0 stars 0 forks source link

Using scipy's genetic algorithm for initial parameter estimation in non-linear optimization #1

Closed zunzun closed 5 years ago

zunzun commented 7 years ago

I see you are writing Python code for non-linear optimization with scipy. The default starting point for scipy's non-linear solvers is to have all parameter values equal to 1.0 - and for many functions the choice of initial parameters are key to successful optimization, particularly when fitting more complex equations. For this reason, the authors of scipy have added a genetic algorithm for initial parameter estimation for use with their non-linear solvers. The module is named scipy.optimize.differential_evolution, which uses the Latin Hypercube algorithm to ensure a thorough search of parameter space.
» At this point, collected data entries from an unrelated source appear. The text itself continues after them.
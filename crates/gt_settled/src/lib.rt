//! What headers declare is settled: laws that join the faults of options with what holds of each program. The layer above cites
//! [`declared_is_settled`] for the program that a draft declares, and [`settlement_is_settled`] for the one to which it comes.
#![tactic(auto)]

pub mod laws;

pub use laws::{declared_is_settled, settlement_is_settled};
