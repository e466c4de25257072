//! A value is fixed by the bytes that stand for it. These calls do nothing: their clauses are laws.
ghost use Rattle.gt_types.specs.declared.program.Program.{Program};
ghost use Rattle.gt_types.specs.Settled.{Settled};
ghost use Rattle.gt_layout.specs.declared.planes.Layouts.{Layouts};
ghost use Rattle.gt_layout.specs.Planes.{IsLaidOut};
ghost use Rattle.gt_tree.specs.FixedLaws.{LeavesAreRead, NumbersAreFixed, ValueIsFixed, ElementsAreFixed, RecordIsFixed};

/// Each leaf is read at its place in the bytes that stand for all of them, wherever no two share a bit.
pub fn leaves_are_read()
    ensures { LeavesAreRead }
{}

/// A number is fixed by as many bits as it has room in.
pub fn numbers_are_fixed()
    ensures { NumbersAreFixed }
{}

/// A value is fixed by the bytes that stand for it: two values that fit one type of element, for which the same bytes stand, are
/// one value. So it is for as many elements, one after another, and for the static record.
pub fn values_are_fixed()
    ensures value { (program : Program) (layouts : Layouts) → Settled program → IsLaidOut program layouts → ValueIsFixed program layouts }
    ensures elements { (program : Program) (layouts : Layouts) → Settled program → IsLaidOut program layouts → ElementsAreFixed program layouts }
    ensures statics { (program : Program) (layouts : Layouts) → Settled program → IsLaidOut program layouts → RecordIsFixed program layouts }
{}
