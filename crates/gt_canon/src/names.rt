// Names of structures, roots and fields.
ghost use Rattle.std.specs.Prelude.{◌≡◌, ◌++◌, OnOk, encode_utf8_all};
ghost use Rattle.std.specs.Option.{option_copied};
ghost use Rattle.gt_canon.specs.Names.{fields_inside as fields_inside_of, fields_of_type as fields_of_type_of, name_if_field, root_name, structure_name};

use gt_types::{Bytes, Field, Program, Ty, TypeId, Word};
use std::alloc::AllocError;

/// Adds a name.
pub fn push_name(text: &mut Bytes, name: &Word) -> Result<(), AllocError>
    ensures added { OnOk result (text.new ≡ text.old ++ encode_utf8_all name.now) }
{
    text.append(name.as_str().as_bytes())
}

/// Adds the name of a structure, or nothing where the program has none of this number.
pub fn push_structure_name(
    text: &mut Bytes,
    program: &Program,
    id: TypeId,
) -> Result<(), AllocError>
    ensures added { OnOk result (text.new ≡ text.old ++ structure_name program.now id) }
{
    match program.structures.get(id.0 as usize) {
        Some(s) => push_name(text, &s.name),
        None => Ok(()),
    }
}

/// Adds the name of a root, or nothing where the program has none at this place.
pub fn push_root_name(text: &mut Bytes, program: &Program, place: u32) -> Result<(), AllocError>
    ensures added { OnOk result (text.new ≡ text.old ++ root_name program.now place) }
{
    match program.roots.get(place as usize) {
        Some(r) => push_name(text, &r.name),
        None => Ok(()),
    }
}

/// Adds the name of a field, or nothing where there is none.
pub fn push_field_name(text: &mut Bytes, field: Option<&Field>) -> Result<(), AllocError>
    ensures added { OnOk result (text.new ≡ text.old ++ name_if_field (option_copied field.entry)) }
{
    match field {
        Some(f) => push_name(text, &f.name),
        None => Ok(()),
    }
}

/// The fields of the structure that a field holds by value, or none where it holds none.
pub fn fields_inside<'a>(program: &'a Program, field: Option<&'a Field>) -> &'a [Field]
    ensures fields { result.now ≡ fields_inside_of program.now (option_copied field.entry) }
{
    match field {
        Some(f) => fields_of_type(program, &f.ty),
        None => &[],
    }
}

fn fields_of_type<'a>(program: &'a Program, ty: &Ty) -> &'a [Field]
    ensures fields { result.now ≡ fields_of_type_of program.now ty.now }
{
    match ty {
        Ty::Node { id, .. } => match program.structures.get(id.0 as usize) {
            Some(s) => s.fields.as_slice(),
            None => &[],
        },
        _ => &[],
    }
}
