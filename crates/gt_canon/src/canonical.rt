// The canonical text and the fingerprint.
ghost use Rattle.std.specs.Prelude.{◌≡◌, ◌++◌, IfOk, OnOk};
ghost use Rattle.std.specs.List.{flat_map};
ghost use Rattle.sha2.specs.Sha256.{sha256};
ghost use Rattle.gt_canon.specs.Canon.{cache_line, canon_of, root_line, structure_lines};

use crate::structures::{push_cache, push_root, push_structure_lines};
use gt_types::{Bytes, Program};
use sha2::{Digest, Sha256};
use std::alloc::{AllocError, Global};

/// The canonical text of a program: a line for each structure, field, chain, root and cache, in the order of declaration. Its
/// only error is out of memory.
pub fn canon(alloc: Global, program: &Program) -> Result<Bytes, AllocError>
    ensures text { IfOk result (λ bytes. bytes ≡ canon_of program.now) }
{
    let mut text = Bytes::of(alloc, b"gty 1\n")?;
    push_structures(alloc, &mut text, program)?;
    push_roots(alloc, &mut text, program)?;
    push_caches(&mut text, program)?;
    Ok(text)
}

/// The SHA-256 (FIPS 180-4) of the canonical text. Its only error is out of memory.
pub fn fingerprint(alloc: Global, program: &Program) -> Result<[u8; 32], AllocError>
    ensures digest { IfOk result (λ digest. digest ≡ sha256 (canon_of program.now)) }
{
    let text = canon(alloc, program)?;
    Ok(Sha256::digest(text.as_slice()))
}

fn push_structures(alloc: Global, text: &mut Bytes, program: &Program) -> Result<(), AllocError>
    ensures added { OnOk result (text.new ≡ text.old ++ flat_map (structure_lines program.now) program.now.structures) }
{
    for s in program.structures.as_slice() {
        push_structure_lines(alloc, text, program, s)?;
    }
    Ok(())
}

fn push_roots(alloc: Global, text: &mut Bytes, program: &Program) -> Result<(), AllocError>
    ensures added { OnOk result (text.new ≡ text.old ++ flat_map (root_line program.now) program.now.roots) }
{
    for r in program.roots.as_slice() {
        push_root(alloc, text, program, r)?;
    }
    Ok(())
}

fn push_caches(text: &mut Bytes, program: &Program) -> Result<(), AllocError>
    ensures added { OnOk result (text.new ≡ text.old ++ flat_map (cache_line program.now) program.now.caches) }
{
    for c in program.caches.as_slice() {
        push_cache(text, program, c)?;
    }
    Ok(())
}
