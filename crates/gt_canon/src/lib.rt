//! The canonical text of a program, and its fingerprint. `canon` is the text (docs/IMAGE.md) and `fingerprint` its SHA-256, for
//! any program. The layer above may rely on this law: programs which headers can declare have the same structures, roots and
//! caches where their texts are the same (`laws`). The calls that add words, names and paths serve other texts of programs too.
#![tactic(auto)]

mod canonical;
mod expressions;
pub mod laws;
mod lines;
mod names;
mod structures;
mod types;

pub use canonical::{canon, fingerprint};
pub use lines::{push_integer, push_number, push_word};
pub use structures::{push_named, push_path};
pub use types::push_structure;
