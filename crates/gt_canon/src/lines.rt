// The words of a line.
ghost use Rattle.std.specs.Prelude.{◌≡◌, ◌∷◌, ◌++◌, OnOk};
ghost use Rattle.gt_digits.specs.Digits.{decimal};
ghost use Rattle.gt_canon.specs.Lines.{integer};

use gt_digits::push_decimal;
use gt_types::Bytes;
use std::alloc::{AllocError, Global};

/// Adds a word after a space.
pub fn push_word(text: &mut Bytes, word: &[u8]) -> Result<(), AllocError>
    ensures added { OnOk result (text.new ≡ text.old ++ 32 ∷ word.now) }
{
    text.push(b' ')?;
    text.append(word)
}

/// Adds a number after a space.
pub fn push_number(alloc: Global, text: &mut Bytes, n: u64) -> Result<(), AllocError>
    ensures added { OnOk result (text.new ≡ text.old ++ 32 ∷ decimal n) }
{
    text.push(b' ')?;
    push_decimal(alloc, text, n)
}

/// Adds an integer, with its sign where it is negative.
pub fn push_integer(alloc: Global, text: &mut Bytes, n: i64) -> Result<(), AllocError>
    ensures added { OnOk result (text.new ≡ text.old ++ integer n) }
{
    if n < 0 {
        text.push(b'-')?;
    }
    push_decimal(alloc, text, n.unsigned_abs())
}
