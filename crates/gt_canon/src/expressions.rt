// The text of an expression.
ghost use Rattle.std.specs.Prelude.{◌≡◌, [], ◌∷◌, ◌++◌, OnOk};
ghost use Rattle.gt_canon.specs.Expressions.{base_text, dotted, expression_text, operator_text};

use crate::lines::push_integer;
use crate::names::{push_name, push_root_name};
use gt_types::{Base, Bytes, Expr, Op, Program, Word};
use std::alloc::{AllocError, Global};

/// Adds an expression.
pub fn push_expression(
    alloc: Global,
    text: &mut Bytes,
    program: &Program,
    e: &Expr,
) -> Result<(), AllocError>
    ensures added { OnOk result (text.new ≡ text.old ++ expression_text program.now e.now) }
{
    match e {
        Expr::Int(n) => push_integer(alloc, text, *n),
        Expr::Path { base, steps } => {
            text.append(base_spelling(*base))?;
            push_steps(text, steps.as_slice())
        }
        Expr::Root(place) => {
            text.push(b'@')?;
            push_root_name(text, program, *place)
        }
        Expr::One { op, a } => {
            push_operator(text, spelling(*op))?;
            push_expression(alloc, text, program, a.get())?;
            text.push(b')')
        }
        Expr::Two { op, a, b } => {
            push_operator(text, spelling(*op))?;
            push_expression(alloc, text, program, a.get())?;
            text.push(b' ')?;
            push_expression(alloc, text, program, b.get())?;
            text.push(b')')
        }
        Expr::Cond { test, yes, no } => {
            push_operator(text, b"?")?;
            push_expression(alloc, text, program, test.get())?;
            text.push(b' ')?;
            push_expression(alloc, text, program, yes.get())?;
            text.push(b' ')?;
            push_expression(alloc, text, program, no.get())?;
            text.push(b')')
        }
    }
}

// Adds the operator of an expression in brackets, up to its first operand.
fn push_operator(text: &mut Bytes, operator: &[u8]) -> Result<(), AllocError>
    ensures added { OnOk result (text.new ≡ text.old ++ 40 ∷ (operator.now ++ 32 ∷ [])) }
{
    text.push(b'(')?;
    text.append(operator)?;
    text.push(b' ')
}

// Adds the names on a path, each after a dot.
fn push_steps(text: &mut Bytes, steps: &[Word]) -> Result<(), AllocError>
    ensures added { OnOk result (text.new ≡ text.old ++ dotted steps.now) }
{
    for step in steps {
        text.push(b'.')?;
        push_name(text, step)?;
    }
    Ok(())
}

fn base_spelling(base: Base) -> &'static [u8]
    ensures spelling { result.now ≡ base_text base }
{
    match base {
        Base::Here => b"%h",
        Base::Outer => b"%1",
        Base::Outermost => b"%0",
    }
}

fn spelling(op: Op) -> &'static [u8]
    ensures spelling { result.now ≡ operator_text op }
{
    match op {
        Op::Neg | Op::Sub => b"-",
        Op::Not => b"!",
        Op::Add => b"+",
        Op::Mul => b"*",
        Op::Lt => b"<",
        Op::Le => b"<=",
        Op::Gt => b">",
        Op::Ge => b">=",
        Op::Eq => b"==",
        Op::Ne => b"!=",
        Op::And => b"&&",
        Op::Or => b"||",
    }
}
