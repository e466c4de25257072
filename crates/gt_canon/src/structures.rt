// The lines of structures, roots and caches.
ghost use Rattle.std.specs.Prelude.{◌≡◌, ◌∷◌, ◌++◌, OnOk, encode_utf8_all};
ghost use Rattle.std.specs.List.{flat_map, join_with_byte};
ghost use Rattle.gt_canon.specs.Lines.{spaced};
ghost use Rattle.gt_canon.specs.Names.{names_on};
ghost use Rattle.gt_canon.specs.Canon.{active_words, cache_line, chain_line, chain_word, field_line, root_line, structure_lines, structure_word};

use crate::lines::{push_integer, push_word};
use crate::names::{fields_inside, push_field_name, push_name};
use crate::types::{push_desc, push_structure, push_type};
use gt_types::{Active, Bytes, Cache, Chain, ChainKind, Field, Program, Root, Structure, Word};
use std::alloc::{AllocError, Global};

/// Adds the lines of a structure.
pub fn push_structure_lines(
    alloc: Global,
    text: &mut Bytes,
    program: &Program,
    s: &Structure,
) -> Result<(), AllocError>
    ensures added { OnOk result (text.new ≡ text.old ++ structure_lines program.now s.now) }
{
    text.append(structure_spelling(s.is_union))?;
    push_named(text, &s.name)?;
    push_desc(alloc, text, program, &s.desc)?;
    text.push(b'\n')?;
    push_fields(alloc, text, program, s.fields.as_slice())?;
    push_chains(text, program, s.fields.as_slice(), s.chains.as_slice())
}

// Adds the lines of fields.
fn push_fields(
    alloc: Global,
    text: &mut Bytes,
    program: &Program,
    fields: &[Field],
) -> Result<(), AllocError>
    ensures added { OnOk result (text.new ≡ text.old ++ flat_map (field_line program.now) fields.now) }
{
    for f in fields {
        push_field(alloc, text, program, f)?;
    }
    Ok(())
}

fn push_field(
    alloc: Global,
    text: &mut Bytes,
    program: &Program,
    f: &Field,
) -> Result<(), AllocError>
    ensures added { OnOk result (text.new ≡ text.old ++ field_line program.now f.now) }
{
    text.append(b"field")?;
    push_named(text, &f.name)?;
    push_type(alloc, text, program, &f.ty)?;
    push_active(alloc, text, f.active)?;
    text.push(b'\n')
}

fn push_active(alloc: Global, text: &mut Bytes, active: Active) -> Result<(), AllocError>
    ensures added { OnOk result (text.new ≡ text.old ++ spaced (active_words active)) }
{
    match active {
        Active::Always => push_word(text, b"always"),
        Active::Tag(tag) => {
            text.append(b" tag ")?;
            push_integer(alloc, text, tag)
        }
        Active::Other => push_word(text, b"default"),
        Active::Never => push_word(text, b"never"),
    }
}

// Adds the lines of chains of a structure with these fields.
fn push_chains(
    text: &mut Bytes,
    program: &Program,
    fields: &[Field],
    chains: &[Chain],
) -> Result<(), AllocError>
    ensures added { OnOk result (text.new ≡ text.old ++ flat_map (chain_line program.now fields.now) chains.now) }
{
    for c in chains {
        push_chain(text, program, fields, c)?;
    }
    Ok(())
}

fn push_chain(
    text: &mut Bytes,
    program: &Program,
    fields: &[Field],
    c: &Chain,
) -> Result<(), AllocError>
    ensures added { OnOk result (text.new ≡ text.old ++ chain_line program.now fields.now c.now) }
{
    text.append(b"chain")?;
    push_word(text, chain_spelling(c.kind))?;
    text.push(b' ')?;
    push_path(text, program, fields, c.path.as_slice())?;
    text.push(b'\n')
}

/// Adds the names of the fields on a path, with dots between them. It goes as deep as the path is long.
pub fn push_path(
    text: &mut Bytes,
    program: &Program,
    fields: &[Field],
    path: &[u32],
) -> Result<(), AllocError>
    ensures added { OnOk result (text.new ≡ text.old ++ join_with_byte 46 (names_on program.now fields.now path.now)) }
{
    let [place, rest @ ..] = path else {
        return Ok(());
    };
    let field = fields.get(*place as usize);
    push_field_name(text, field)?;
    if rest.is_empty() {
        return Ok(());
    }
    text.push(b'.')?;
    push_path(text, program, fields_inside(program, field), rest)
}

/// Adds the line of a root.
pub fn push_root(
    alloc: Global,
    text: &mut Bytes,
    program: &Program,
    r: &Root,
) -> Result<(), AllocError>
    ensures added { OnOk result (text.new ≡ text.old ++ root_line program.now r.now) }
{
    text.append(b"root")?;
    push_named(text, &r.name)?;
    push_type(alloc, text, program, &r.ty)?;
    if r.deletable {
        push_word(text, b"deletable")?;
    }
    text.push(b'\n')
}

/// Adds the line of a cache.
pub fn push_cache(text: &mut Bytes, program: &Program, c: &Cache) -> Result<(), AllocError>
    ensures added { OnOk result (text.new ≡ text.old ++ cache_line program.now c.now) }
{
    text.append(b"cache")?;
    push_named(text, &c.name)?;
    push_structure(text, program, c.key)?;
    push_structure(text, program, c.value)?;
    text.push(b'\n')
}

/// Adds a name after a space.
pub fn push_named(text: &mut Bytes, name: &Word) -> Result<(), AllocError>
    ensures added { OnOk result (text.new ≡ text.old ++ 32 ∷ encode_utf8_all name.now) }
{
    text.push(b' ')?;
    push_name(text, name)
}

fn structure_spelling(is_union: bool) -> &'static [u8]
    ensures spelling { result.now ≡ structure_word is_union }
{
    if is_union { b"union" } else { b"struct" }
}

fn chain_spelling(kind: ChainKind) -> &'static [u8]
    ensures spelling { result.now ≡ chain_word kind }
{
    match kind {
        ChainKind::Next => b"next",
        ChainKind::Prev => b"prev",
        ChainKind::Circular => b"circular",
    }
}
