//! The verb `drill`: it rebuilds each loss of a few sites of a store in memory, and compares it with what stands.
#![tactic(auto)]

mod drilling;
mod meter;

pub use drilling::drill;
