//! What a drill is measured by.
use cs_drill::{Trial, Watch};
use pinepolo_answers::Measure;
use pinepolo_places::Meter;
use std::alloc::{AllocError, Global};

/// Measures each loss of a drill.
#[derive(Drop)]
pub struct Stopwatch<'a, M> {
    meter: &'a M,
    /// The time at which the last loss ended.
    last: u64,
    pub measures: Vec<Measure>,
}

impl<'a, M: Meter> Stopwatch<'a, M> {
    /// The first loss begins.
    pub fn new(alloc: Global, meter: &'a M) -> Self {
        Self {
            meter,
            last: meter.milliseconds(),
            measures: Vec::new(alloc),
        }
    }
}

impl<M: Meter> Watch for Stopwatch<'_, M> {
    fn ended(&mut self, _trial: &Trial) -> Result<(), AllocError> {
        let now = self.meter.milliseconds();
        let milliseconds = now.saturating_sub(self.last);
        self.last = now;
        let peak = self.meter.peak();
        self.measures.push(Measure { milliseconds, peak })?;
        Ok(())
    }
}
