//! The verb `drill`.
ghost use Rattle.std.specs.Prelude.{◌≤◌, IfOk, IfSome, OnErr};
ghost use Rattle.cs_parallel_io.specs.Standing.{standing};
ghost use Rattle.pinepolo_places.specs.Finding.{LooksUp};
ghost use Rattle.pinepolo_drill.specs.Drills.{DrillsStore, IsReach};

use crate::meter::Stopwatch;
use cs_design::greatest_k;
use cs_drill::drill as drill_files;
use cs_parallel_io::load_side_by_side;
use cs_rebuild::Run;
use cs_schema::{Catalog, Loss};
use pinepolo_answers::Drilled;
use pinepolo_args::DrillArgs;
use pinepolo_places::{Listings, Meter, VerbError, find_store, require_unchanged, watch};
use pinepolo_progress::{Progress, Stage};
use std::marker::Sync;
use std::thread::Threads;

/// The greatest number of sites of a loss to try: the one that is asked for, or else as many as the catalog allows.
fn reach_of(catalog: &Catalog, asked: Option<u8>) -> u8
    requires { IfSome asked (λ n. n ≤ 16) }
    ensures reach { IsReach catalog.now asked result }
    ensures limit { result ≤ 16 }
{
    match asked {
        Some(sites) => sites,
        None => match greatest_k(catalog, Loss::none()) {
            Some(k) => k.min(16),
            None => 0,
        },
    }
}

/// Rebuilds each loss of at most so many sites of a store from its other files, in memory, and compares it with what stands.
/// Nothing is written.
pub fn drill<R: Threads + Sync, G: Progress + Sync, P: Listings + Meter>(
    run: &Run<'_, R, G>,
    places: &mut P,
    request: &DrillArgs<'_>,
) -> Result<Drilled, VerbError>
    ensures ok { IfOk result (λ drilled. DrillsStore P.reads P.opens (standing P.Store.answers)
        places.old request.now.store.now request.now.at_most drilled places.new) }
    ensures err { OnErr result (LooksUp P.reads P.misses places.old request.now.store.now places.new) }
{
    let alloc = run.alloc;
    let (catalog, source) = match find_store(alloc, places, request.store) {
        Ok(found) => found,
        Err(error) => return Err(error),
    };
    run.gate.reached(Stage::Reading);
    let before = watch(alloc, places, request.store)?;
    let none = Loss::none();
    let files = match load_side_by_side(run.rt, alloc, &catalog, none, &source) {
        Ok(files) => files,
        Err(fault) => {
            require_unchanged(alloc, places, request.store, &before)?;
            return Err(VerbError::of_store(alloc, &catalog, request.store, &fault));
        }
    };
    require_unchanged(alloc, places, request.store, &before)?;
    let at_most = reach_of(&catalog, request.at_most);
    let meter: &P = places;
    let mut watch = Stopwatch::new(alloc, meter);
    match drill_files(run, &catalog, &files, at_most, &mut watch) {
        Ok(trials) => Ok(Drilled {
            catalog,
            at_most,
            trials,
            measures: watch.measures,
        }),
        Err(fault) => Err(VerbError::of_store(alloc, &catalog, request.store, &fault)),
    }
}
I have used scipy's Differential Evolution genetic algorithm to determine initial parameters for fitting a double Lorentzian peak equation to Raman spectroscopy of carbon nanotubes and found that the results were excellent. The GitHub project, with a test spectroscopy data file, is:

https://github.com/zunzun/RamanSpectroscopyFit

If you have any questions, please let me know. My background is in nuclear engineering and industrial radiation physics, and I love Python, so I will be glad to help.

James Phillips

Amartime commented 5 years ago

Hello James,

I apologize for the late response. This was code from my Master's thesis, and I haven't been diligent in monitoring the repository to say the least. I may one day return to further flesh out this repository, but I have been developing other tools which are sadly private instead.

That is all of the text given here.